SEOUL — The Federal Reserve can maintain its effort to stimulate the U.S. economy and support the banking system through its large balance sheet for an extended period, which may be extended even more should the situation worsen, Federal Reserve Bank of Chicago president Charles Evans said Monday.

“I still see we can maintain the balance sheet for an extended period and with uncertainty in financial markets I wouldn’t be surprised if that was extended a bit more,” he said at a conference here sponsored by the Bank of Korea. “It is contingent on the state of the economy.”

“Accommodative monetary policy continues to be appropriate for an extended period of time,” he added.

Evans said the situation in Europe is “a small additional uncertainty” that will mean U.S. exports will be weaker than expected.

“That’s going to dampen the recovery a little bit,” he said.

When the time does come to tighten, the Fed has “many ways to go for more restrictive policies.”

The Federal Reserve has “a wide array of tools” at its disposal, but Evans said he would expect it would first move to sterilize excess reserves. “Asset sales will come later but it will depend on circumstances and the perceived effectiveness of those tools,” he said.

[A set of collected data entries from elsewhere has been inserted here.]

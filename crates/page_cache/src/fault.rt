//! Why a page can't be brought into memory.
ghost use Rattle.std.specs.Prelude.{◌≡◌};

use sector_disk::LoadFault;
use std::alloc::AllocError;

/// Why a page can't be brought into memory.
#[derive(Clone, Copy, Debug)]
pub enum CacheFault {
    /// It can't be loaded.
    Load(LoadFault),
    /// There is too little memory.
    Memory,
}

impl From<LoadFault> for CacheFault {
    ghost use Rattle.page_cache.specs.declared.fault.CacheFault.TheVariants.{Load};

    ghost from_gives = { λ fault result. result ≡ Load fault };

    fn from(fault: LoadFault) -> CacheFault {
        CacheFault::Load(fault)
    }
}

impl From<AllocError> for CacheFault {
    ghost use Rattle.page_cache.specs.declared.fault.CacheFault.TheVariants.{Memory};

    ghost from_gives = { λ fault result. result ≡ Memory };

    fn from(_fault: AllocError) -> CacheFault {
        CacheFault::Memory
    }
}
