//! Where pages come from.
ghost use Rattle.std.specs.Prelude.{◌≡◌, ◌<◌, ◌≤◌, ℕ, List, Option, Some, IfErr, OnOk};
ghost use Rattle.sector_disk.specs.declared.sector.Sector.{Sector};
ghost use Rattle.sector_disk.specs.Calls.{OnlyReads, device_in, load_failed_at};
ghost use Rattle.sector_disk.specs.Damage.{IsDevice, LostCause};
ghost use Rattle.sector_disk.specs.Image.{IsWorn, open_damage};
ghost use Rattle.sector_disk.specs.Machine.{Moment};

use sector_disk::{LoadFault, Machine};

/// Where pages come from that are not in memory. Each stands twice on the disk.
pub trait PageSource {
    /// The number of its pages.
    ghost pages: { Self → ℕ };

    /// The number of sectors of the disk that it needs.
    ghost sectors: { Self → ℕ };

    /// The newest image of a page that this image of a disk has, if it has one.
    ghost newest: { Self → List Sector → (page : ℕ) → Option (List ℕ) };

    /// What it knows of its pages is so on the disk of this moment, however its windows wear it.
    ghost knows: { Self → Moment → Type 0 };

    /// The sectors `a` and `b` are the two copies of a page.
    ghost copies: { Self → (page a b : ℕ) → Type 0 };

    /// These bytes stand whole in one of the two copies of a page.
    ghost stands: { Self → (page : ℕ) → List Sector → List ℕ → Type 0 };

    /// Reads a page. Where the call fails nothing is said of `buf`.
    fn load<M: Machine>(&self, m: &mut M, page: u32, buf: &mut [u8; 512]) -> Result<(), LoadFault>
        requires page { page < pages self.now }
        requires sectors { sectors self.now ≤ (M.report m.old).sectors }

        ensures reads { OnlyReads M.Machine (device_in load_failed_at result) m.old m.new }

        // What it gives stood in one of the copies, and a page is lost only where both are damaged.
        ensures whole { OnOk result (M.honest m.new → stands self.now page (M.now m.old).image buf.new) }
        ensures lost { IfErr result (λ fault. M.honest m.new → LostCause (copies self.now page) (M.now m.new).image fault) }

        // From a disk of which it knows it gives the newest image, and no page is lost.
        ensures newest { OnOk result (M.honest m.new → knows self.now (M.now m.old) → newest self.now (M.now m.old).image page ≡ Some buf.new) }
        ensures never_lost { IfErr result (λ fault. M.honest m.new → knows self.now (M.now m.old) → IsDevice fault) };

    /// What it knows stays so where the disk wears.
    ghost wears: { (s : Self) (old new : Moment) → IsWorn (open_damage old.windows) old.image new.image → new.windows ≡ old.windows → knows s old → knows s new };

    /// So does the newest image of each page.
    ghost stays: { (s : Self) (old new : Moment) (page : ℕ) → IsWorn (open_damage old.windows) old.image new.image → new.windows ≡ old.windows → knows s old →
        newest s new.image page ≡ newest s old.image page };
}
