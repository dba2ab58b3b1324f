//! Pages of the name table in memory, and where those come from that are not.
#![tactic(auto)]

mod cache;
mod fault;
mod order;
mod source;

pub use cache::{Cache, Frame, MOST_DIRTY};
pub use fault::CacheFault;
pub use source::PageSource;
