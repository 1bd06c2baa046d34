// Why a call is turned down.
ghost use Rattle.std.specs.Prelude.{◌≡◌};
ghost use Rattle.section.specs.profile.Numbers.{refusal_number};

// In the order of their numbers, 1 to 24; whoever turns a call down says which it is.
#[derive(Clone, Copy, Debug, PartialEq, Eq)]
pub enum Refusal {
    OddCount,
    TooFewVertices,
    TooManyVertices,
    NotFinite,
    TooLarge,
    RadiusBelowAxis,
    SpaceTooSmall,
    TooFewKept,
    NegativeRadius,
    ReversedBounds,
    SkewCylinder,
    StoreLength,
    BadLink,
    WrongKind,
    EmptyStore,
    TooManyRecords,
    TooManyBodies,
    BadSettings,
    BadSteps,
    BadSeed,
    BadLoad,
    SettersEdit,
    StoreFull,
    NoSuchRecord,
}

impl Refusal {
    // The number that stands for it, in the table of what is turned down.
    pub fn number(self) -> u32
        ensures { result ≡ refusal_number self }
    {
        match self {
            Refusal::OddCount => 1,
            Refusal::TooFewVertices => 2,
            Refusal::TooManyVertices => 3,
            Refusal::NotFinite => 4,
            Refusal::TooLarge => 5,
            Refusal::RadiusBelowAxis => 6,
            Refusal::SpaceTooSmall => 7,
            Refusal::TooFewKept => 8,
            Refusal::NegativeRadius => 9,
            Refusal::ReversedBounds => 10,
            Refusal::SkewCylinder => 11,
            Refusal::StoreLength => 12,
            Refusal::BadLink => 13,
            Refusal::WrongKind => 14,
            Refusal::EmptyStore => 15,
            Refusal::TooManyRecords => 16,
            Refusal::TooManyBodies => 17,
            Refusal::BadSettings => 18,
            Refusal::BadSteps => 19,
            Refusal::BadSeed => 20,
            Refusal::BadLoad => 21,
            Refusal::SettersEdit => 22,
            Refusal::StoreFull => 23,
            Refusal::NoSuchRecord => 24,
        }
    }
}
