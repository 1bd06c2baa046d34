// The edge of a half-section that is nearest to a point.
mod near;

pub use near::{edge_is_surface, surface_first, surface_near, surface_rest};
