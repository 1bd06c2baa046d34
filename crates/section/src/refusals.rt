// What is turned down: the tests of a call in their order, and the first that is true.
mod fine;
mod refusal;

pub use refusal::{
    alone_refusal, any_below_axis, body_refusal, bounds_refusal, box_refusal, convex_refusal,
    list_refusal, point_refusal, radius_refusal, sphere_refusal,
};
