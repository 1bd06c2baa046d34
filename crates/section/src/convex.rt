// Convex body distance to a half-section.
mod convex;
mod gap;

pub use convex::convex_distance;
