// What a caller of the tests is told.
ghost use Rattle.std.specs.Prelude.{◌≡◌, ℕ, ltb};
ghost use Rattle.section.specs.profile.Numbers.{refused_by};

use crate::Refusal;

// Nothing was turned down, or under which number: a result with its refusal, or a number alone, 0 for none, which may be one of
// the caller's own.
pub trait Outcome: Copy {
    ghost number: { Self → ℕ };

    fn of(tested: Result<(), Refusal>) -> Self
        ensures { number result ≡ refused_by tested };

    fn is_refused(self) -> bool
        ensures { result ≡ ltb 0 (number self) };
}

impl Outcome for Result<(), Refusal> {
    ghost number = { refused_by };

    fn of(tested: Result<(), Refusal>) -> Result<(), Refusal> {
        tested
    }

    fn is_refused(self) -> bool {
        self.is_err()
    }
}

impl Outcome for u32 {
    ghost number = { λ n. n };

    fn of(tested: Result<(), Refusal>) -> u32 {
        match tested {
            Ok(()) => 0,
            Err(refusal) => refusal.number(),
        }
    }

    fn is_refused(self) -> bool {
        0 < self
    }
}
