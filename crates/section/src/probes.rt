// Which of a box's five probes lie inside a section, in one pass over its edges.
mod probes;
mod reach;
mod shapes;

pub use probes::{deeper_probe, none_inside, odd_probes};
pub use shapes::Probes;
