// The closest point of a segment to a point and of two segments, and the part of a segment that a box
// holds.
mod clip;
mod near;
mod segment;
mod shapes;
mod thresholds;

pub use clip::clip_segment;
pub use near::{hopeless, legless, nearer_near, too_far};
pub use segment::{closer_between, closest_point, lerp, point_segment, seg_seg_point_on_first};
pub use shapes::{Near, Part};
pub use thresholds::{BOUNDARY, INTERIOR};
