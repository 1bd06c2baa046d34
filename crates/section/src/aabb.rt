// Box distance to a half-section.
mod aabb;

pub use aabb::{box_distance, box_distance_near};
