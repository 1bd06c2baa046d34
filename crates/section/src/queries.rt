// The queries: each gives a hit, or why it is turned down. They ask nothing of the caller.
ghost use Rattle.section.specs.profile.Replies.{told, Answers};
ghost use Rattle.section.specs.boxes.Boxes.{aabb};
ghost use Rattle.section.specs.Answers.{point_answer, sphere_answer, box_answer, convex_answer};
ghost use Rattle.section.specs.Demand.{Bounded, BoundedOffAxis};

use crate::Refusal;
use crate::aabb::box_distance;
use crate::convex::convex_distance;
use crate::profile::{Aabb, CollisionHit, Sphere};
use crate::refusals::{box_refusal, convex_refusal, point_refusal, sphere_refusal};
use crate::signed::{meridian, signed_distance_2d, sphere_distance};
use arith::Vec3;

pub fn signed_distance(section: &[f64], point: Vec3) -> Result<CollisionHit, Refusal>
    ensures { let s = section.now in Answers (told result) (point_answer s point) (BoundedOffAxis s) }
{
    point_refusal(section, point)?;
    Ok(signed_distance_2d(section, meridian(point)))
}

pub fn query_sphere(section: &[f64], sphere: Sphere) -> Result<CollisionHit, Refusal>
    ensures { let s = section.now in Answers (told result) (sphere_answer s sphere) (BoundedOffAxis s) }
{
    let none = [0.0; 0];
    sphere_refusal(section, sphere, &none, Ok(()))?;
    Ok(sphere_distance(section, sphere))
}

pub fn aabb_polygon_distance(
    z0: f64,
    z1: f64,
    r0: f64,
    r1: f64,
    polygon: &[f64],
) -> Result<CollisionHit, Refusal>
    ensures { let s = polygon.now in Answers (told result) (box_answer s (aabb z0 z1 r0 r1)) (Bounded s) }
{
    let x = Aabb { z0, z1, r0, r1 };
    let none = [0.0; 0];
    box_refusal(polygon, x, &none, Ok(()))?;
    Ok(box_distance(polygon, x))
}

pub fn convex_polygon_distance(convex: &[f64], polygon: &[f64]) -> Result<CollisionHit, Refusal>
    ensures { let s = polygon.now in Answers (told result) (convex_answer convex.now s) (Bounded s) }
{
    let none = [0.0; 0];
    convex_refusal(convex, polygon, &none)?;
    Ok(convex_distance(convex, polygon))
}
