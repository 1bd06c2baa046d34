// The gap between a half-section and a box.
mod gap;
mod shapes;

pub use gap::box_gap;
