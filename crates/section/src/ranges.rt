// Where the computed points of edges, of a box's sides and of a polygon lie along each axis, so that most
// edges need no look.
mod hull;
mod likely;
mod passed;
mod range;
mod search;
mod shapes;

pub use hull::hull_of;
pub use likely::{likely_edge, likely_edge_at, likely_edge_or};
pub use passed::{far_from, far_off, gap_between, misses_along, misses_box};
pub use range::{range_of, ranges_of, sides_of};
pub use search::start_over;
pub use shapes::{Range, Sides};
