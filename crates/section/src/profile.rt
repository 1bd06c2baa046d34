// A profile is a lent list of numbers, z and radius in turn: its vertices and edges.
mod shapes;
mod vertices;

pub use shapes::{Aabb, CollisionHit, Edge, Sphere, Vertex, Witness};

// For the crates above.
pub use vertices::{any_edge, edge_at, end_at, nearer_of, on, vertex_at};
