// The builders: a section from its points, a polygon from its vertices.
mod builder;

pub use builder::{
    check_polygon, check_section, try_from_polygon, try_from_section, write_polygon, write_section,
};
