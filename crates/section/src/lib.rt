// Half-sections: profiles, what is turned down, the builders; points, spheres, boxes and convex bodies beside them.
#![tactic(auto)]

mod aabb;
mod boxes;
mod builders;
mod convex;
mod outcomes;
pub mod points;
mod probes;
pub mod profile;
mod queries;
mod ranges;
mod refusals;
pub mod segments;
mod shapes;
mod signed;

pub use builders::{
    check_polygon, check_section, try_from_polygon, try_from_section, write_polygon, write_section,
};
pub use outcomes::Outcome;
pub use profile::{Aabb, CollisionHit, Edge, Sphere, Vertex, Witness};
pub use queries::{aabb_polygon_distance, convex_polygon_distance, query_sphere, signed_distance};
pub use refusals::{
    alone_refusal, any_below_axis, body_refusal, bounds_refusal, box_refusal, convex_refusal,
    list_refusal, point_refusal, radius_refusal, sphere_refusal,
};
pub use shapes::Refusal;

// For the crates above.
pub use aabb::{box_distance, box_distance_near};
pub use convex::convex_distance;
pub use profile::nearer_of;
pub use signed::{signed_distance_2d, sphere_distance};
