// The signed distance of a point and of a sphere to a half-section, and what bodies that overlap it share.
mod distance;
mod overlap;

pub use distance::{crosses, meridian, signed_distance_2d, sphere_distance};
pub use overlap::{deeper_at, deeper_inside, result_of};
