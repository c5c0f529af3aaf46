// The C interface of lessons (include/max3420e.h): a function promises what the inner one does, its answer flattened. It is an archive of
// its own, as that of the classroom: the calls on a chip alone stay inlined in libcapi.a (docs/BENCHMARK.md).
#![tactic(auto)]

ghost use Rattle.std.specs.Prelude.{◌≡◌, length};
ghost use Rattle.refusal.specs.Check.{tells};
ghost use Rattle.lesson.specs.Read.{lesson_of};
ghost use Rattle.lesson.specs.Ticks.{elapsed_ticks};
ghost use Rattle.lesson_writer.specs.Parts.{writer_reply, writer_buffer};
ghost use Rattle.replay.specs.Replay.{replay_count, replay_answer, replay_buffer};
ghost use Rattle.capi_lesson.specs.Answer.{lesson_answer, flat_check, flat_writer, flat_replay};

use chip::Chip;
use flat::pin_number;
use lesson::Lesson;
use refusal::Refusal;

// What the check and the writer hand back.
#[repr(C)]
#[derive(Clone, Copy)]
pub struct FlatLessonAnswer {
    pub refusal: u8,
    pub found: usize,
    pub count: usize,
}

// What a replay hands back.
#[repr(C)]
#[derive(Clone, Copy)]
pub struct FlatReplayAnswer {
    pub chip: Chip,
    pub refusal: u8,
    pub pin: u8,
    pub found: usize,
    pub count: usize,
}

// A reply's numbers.
fn reply_numbers(reply: Result<usize, Refusal>) -> FlatLessonAnswer
    ensures { result ≡ lesson_answer (tells reply) (replay_count reply) }
{
    match reply {
        Err(refusal) => FlatLessonAnswer {
            refusal: refusal.number(),
            found: refusal.found(),
            count: 0,
        },
        Ok(count) => FlatLessonAnswer {
            refusal: 0,
            found: 0,
            count,
        },
    }
}

pub fn max3420e_check_lesson(file: &[u8]) -> FlatLessonAnswer
    ensures { result ≡ flat_check (lesson_of file.now) }
{
    reply_numbers(Lesson::new(file).map(|lesson| lesson.len()))
}

pub fn max3420e_write_lesson(
    kinds: &[u8],
    ticks: &[u32],
    lengths: &[u16],
    bodies: &[u8],
    file: &mut [u8],
) -> FlatLessonAnswer
    ensures { (result ≡ flat_writer (writer_reply kinds.now ticks.now lengths.now bodies.now
        (length file.old)))
        × (file.new
        ≡ writer_buffer kinds.now ticks.now lengths.now bodies.now file.old) }
{
    reply_numbers(lesson_writer::write(kinds, ticks, lengths, bodies, file))
}

pub fn max3420e_replay(file: &[u8], output: &mut [u8]) -> FlatReplayAnswer
    ensures { (result ≡ flat_replay (replay_answer file.now (length output.old)))
        × (output.new ≡ replay_buffer file.now output.old) }
{
    let answer = replay::replay(file, output);
    let n = reply_numbers(answer.reply);
    FlatReplayAnswer {
        chip: answer.state,
        refusal: n.refusal,
        pin: pin_number(answer.pin),
        found: n.found,
        count: n.count,
    }
}

// The ticks from one to another.
pub fn max3420e_elapsed(from: u32, to: u32) -> u32
    ensures { result ≡ elapsed_ticks from to }
{
    lesson::elapsed(from, to)
}
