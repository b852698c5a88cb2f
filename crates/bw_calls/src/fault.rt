//! Why a call on tables was refused.

use bw_core::StoreFault;
use bw_home::MapFault;
use std::fmt::{self, Display, Formatter};
use thiserror::Error;

/// Why a call on tables was refused. The tables are then as they were, but for `Waits`.
#[derive(Debug, Clone, Copy, PartialEq, Eq, Error)]
pub enum TableFault {
    /// No table has this name.
    NoTable,
    /// A table has this name already.
    Exists,
    /// There are 65,536 tables, so there is no number for another.
    TooMany,
    /// The value has more than 16,777,216 bytes.
    TooLong,
    /// A growth was refused.
    NoMemory,
    /// The store has pairs that are no tables'.
    NotTables,
    /// A batch stands that is not carried out: `open` does that, and until then calls are refused
    /// so.
    Unfinished,
    /// The store was refused to read, or to take what waited before.
    NotRead(StoreFault),
    /// A group was refused before the step of the call. Of a long value the chunks that were
    /// written are collected by an opening.
    NotMade(MapFault),
    /// What was put was not made durable.
    NotKept(MapFault),
    /// The step of the call was put and not taken: it waits, and the next call takes it first. The
    /// tables have it.
    Waits(StoreFault),
}

// By hand, since a derived one writes in each variant, which is dear to prove.
impl Display for TableFault {
    fn fmt<W: fmt::Write>(&self, f: &mut Formatter<W>) -> fmt::Result {
        match self {
            TableFault::NoTable => f.write_str("no table has this name"),
            TableFault::Exists => f.write_str("a table has this name already"),
            TableFault::TooMany => f.write_str("there are 65536 tables"),
            TableFault::TooLong => f.write_str("a value has at most 16777216 bytes"),
            TableFault::NoMemory => f.write_str("out of memory"),
            TableFault::NotTables => f.write_str("the pairs are no tables"),
            TableFault::Unfinished => f.write_str("a batch is not carried out"),
            TableFault::NotRead(cause) => write!(f, "not read: {cause}"),
            TableFault::NotMade(cause) => write!(f, "not made: {cause}"),
            TableFault::NotKept(cause) => write!(f, "not kept: {cause}"),
            TableFault::Waits(cause) => write!(f, "the change waits: {cause}"),
        }
    }
}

Evans said the U.S. has definitely turned a corner and the economic recovery “seems well underway,” although the employment situation remains “troubling.”

He said most recent employment numbers have been “reasonably strong” and pointed out that the most recent rise in the unemployment rate was due to more people coming into the labor force.

“Inflation in the U.S. is under-running what I would term price stability,” Evans said.

“I would look for the recovery in the U.S. to continue to improve,” he said, adding that “the fact that it is improving continuously is a very good sign.”

“The labor market situation will improve” and “the consumer seems to be doing slightly better,” Evans said, even though the overall circumstances remain challenging.